Chancellor of the Exchequer Philip Hammond MP delivered the Autumn 2017 Budget on November 22.

It has become almost traditional for the Chancellor to leave one of the biggest announcements until the very end, and this speech was no exception. Shortly before sitting down, Mr Hammond announced that stamp duty for first-time buyers had been all but abolished with immediate effect.

First-time buyers purchasing homes valued at less than £300,000 will now pay no stamp duty. Those buying homes valued at between £300,000 and £500,000 will pay no stamp duty on the first £300,000. It all means that 80% of first-time buyers will pay no stamp duty, and that 95% will receive some form of benefit from the latest changes.

The changes do not apply in Scotland, as the setting of stamp duty rates there is the responsibility of the Scottish Government. Responsibility for stamp duty in Wales will also be devolved to the Welsh Assembly from April 2018.

However, the Chancellor was also forced to deliver some bad news when he announced that the growth forecasts for the UK economy had been downgraded. The forecast for the rise in Gross Domestic Product for 2017 was reduced from 2% to 1.5%. Forecast growth in 2018, 2019, 2020 and 2021 has been reduced to 1.4%, 1.3%, 1.5% and 1.6% respectively.

Productivity growth was revised down by an average of 0.7% a year up to 2023.

Whilst employment is at near record high levels, and another 600,000 people are forecast to be in work by 2022, wage inflation is expected to remain limited. The Institute of Fiscal Studies said it was possible that average UK earnings in 2022 could be lower than they were in 2008, which it described as “astonishing”.

Consumer Prices Index (CPI) inflation is expected to peak at around 3% in the final months of 2017, before falling to around 2% over the following 12 months.

The National Living Wage for those aged 25 and over will increase from £7.50 per hour to £7.83 per hour from April 2018, a rise of 4.4%. The National Minimum Wage for those aged 21-24 will rise to £7.38 per hour, while for 18-20 year olds it will be £5.90, for 16 and 17 year olds it will be £4.20, and for apprentices it will be £3.70.

The personal allowance – the amount a person earns before they start paying income tax – will rise from £11,500 to £11,850 from April, but this is merely a rise that reflects the current rate of inflation. The higher-rate income tax threshold will increase to £46,350.

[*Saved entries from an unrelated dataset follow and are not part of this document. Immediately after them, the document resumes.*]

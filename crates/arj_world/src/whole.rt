// What holds of every world of a run.
ghost use Rattle.std.specs.Prelude.{◌≡◌, Bool, List, true};
ghost use Rattle.arj_law_parts.specs.steps.Named.{AreNamed};
ghost use Rattle.arj_law_parts.specs.steps.Writes.{IsWhole};
ghost use Rattle.arj_journal.specs.declared.header.Header.{Header};
ghost use Rattle.arj_protocol.specs.World.{World, format};
ghost use Rattle.arj_law_parts.specs.moves.Keeps.{Holds, Keeps};
ghost use Rattle.arj_promise.specs.Runs.{Seen};
ghost use Rattle.arj_world.specs.Turns.{Turn, all_turned, turned};

/// In every run, with whatever stops, the world has each node of its header, and each label is of an action of one. It does
/// nothing when it runs.
pub fn runs_stay_whole()
    ensures turn { (t : Turn) (w : World) → IsWhole w → IsWhole (turned t w) }
    ensures runs { (hd : Header) (ts : List Turn) → IsWhole (all_turned ts (format hd)) }
{}

/// In every run, with whatever stops, the coordinators that are up know their labels, and whom their commits wait for. It does
/// nothing when it runs.
pub fn runs_know_their_labels()
    ensures runs { (hd : Header) (ts : List Turn) → AreNamed (all_turned ts (format hd)) }
{}

/// A test of what is seen that each handler keeps, wherever a stop falls into it, holds after every turn, and so after each run of
/// turns: what the laws of the protocol's runs say, they say of the runs of a world. It does nothing when it runs.
pub fn turns_keep_what_handlers_keep()
    ensures turn { (hd : Header) (test : Seen → Bool) → Keeps hd (λ M. test M ≡ true) → (t : Turn) (w : World) → Holds hd (λ M. test M ≡ true) w → Holds hd (λ M. test M ≡ true) (turned t w) }
    ensures runs { (hd : Header) (test : Seen → Bool) → Keeps hd (λ M. test M ≡ true) → (ts : List Turn) → Holds hd (λ M. test M ≡ true) (all_turned ts (format hd)) }
{}
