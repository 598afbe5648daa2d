// What a label stands for.
use std::marker::Model;

/// The node of a label's action, 1 to 16, and whether the action is serializing.
#[derive(Drop)]
pub struct Labelled {
    pub node: u8,
    pub serial: bool,
}

impl Model for Labelled {
    ghost use Rattle.arj_protocol.specs.World.{Labelled};

    ghost Value = { Labelled };

    ghost view = { λ l. record { node = l.node; serial = l.serial } };
}
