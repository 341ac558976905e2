// Cases of questions: one sheet or two, with labels or without, and 1 for yes, 0 for no.
ghost use Rattle.std.specs.Prelude.{◌≡◌};
ghost use Rattle.refusal.specs.Decision.{decision_of};
ghost use Rattle.replay_all.specs.Decided.{decided, nfa_case, nonempty_case, equivalent_case, subautomaton_case};

use refusal::InputRefusal;

// Whether the answer stands last in a case, at the place at. Refusals have no cases.
fn answered(case: &[u32], at: usize, answer: Result<bool, InputRefusal>) -> bool
    ensures { result ≡ decided case.now at (decision_of answer) }
{
    match answer {
        Ok(b) => {
            if b {
                return replay::is_last(case, at, 1);
            }
            replay::is_last(case, at, 0)
        }
        Err(_) => false,
    }
}

// The sheet, then whether it has an epsilon, an overlap or a hole.
pub fn nfa(case: &[u32]) -> bool
    ensures { result ≡ nfa_case case.now }
{
    let sheet = replay::list(case, 0);
    answered(case, 1 + sheet.len(), nondeterminism::is_nfa(sheet))
}

// The sheet, then whether a state that accepts is reached.
pub fn nonempty(case: &[u32]) -> bool
    ensures { result ≡ nonempty_case case.now }
{
    let sheet = replay::list(case, 0);
    answered(
        case,
        1 + sheet.len(),
        emptiness::has_reachable_accepting_state(sheet),
    )
}

// Two sheets, then whether they are equivalent.
pub fn equivalent(case: &[u32]) -> bool
    ensures { result ≡ equivalent_case case.now }
{
    let a = replay::list(case, 0);
    let second = 1 + a.len();
    let b = replay::list(case, second);
    answered(case, second + 1 + b.len(), equivalence::is_equivalent(a, b))
}

// The first sheet and its labels, the second and its labels, then whether the first is a subautomaton of the second.
pub fn subautomaton(case: &[u32]) -> bool
    ensures { result ≡ subautomaton_case case.now }
{
    let a = replay::list(case, 0);
    let second = 1 + a.len();
    let al = replay::list(case, second);
    let third = second + 1 + al.len();
    let b = replay::list(case, third);
    let fourth = third + 1 + b.len();
    let bl = replay::list(case, fourth);
    let mut a_labels = [0u8; 1024];
    let mut b_labels = [0u8; 1024];
    let k = replay::bytes(al, &mut a_labels);
    if k != al.len() {
        return false;
    }
    let l = replay::bytes(bl, &mut b_labels);
    if l != bl.len() {
        return false;
    }
    answered(
        case,
        fourth + 1 + bl.len(),
        subautomaton::is_subautomaton(a, &a_labels[..k], b, &b_labels[..l]),
    )
}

The pensions lifetime allowance will increase, but again only in line with CPI, and will now be £1,030,000 from April next year. The amount that can be contributed each year into a Junior Isa or Child Trust Fund will increase in line with CPI to £4,260, but the annual subscription limit for conventional ISAs will remain at £20,000. Also staying the same is the £5,000 zero tax rate savings income band.

Business rates will rise in line with CPI from next April. Under the current system, rates rise in line with the Retail Prices Index, which is often higher. Business rates revaluations will take place every three years, rather than every five years, as at present, with the change taking effect after the next revaluation, currently due in 2022.

The Chancellor also announced plans to build 300,000 new homes a year, and to create five new ‘garden’ towns.

The information shown in this article was correct at the time of publication. Articles are not routinely reviewed and as such are not updated. Please be aware the facts, circumstances or legal position may change after publication of the article.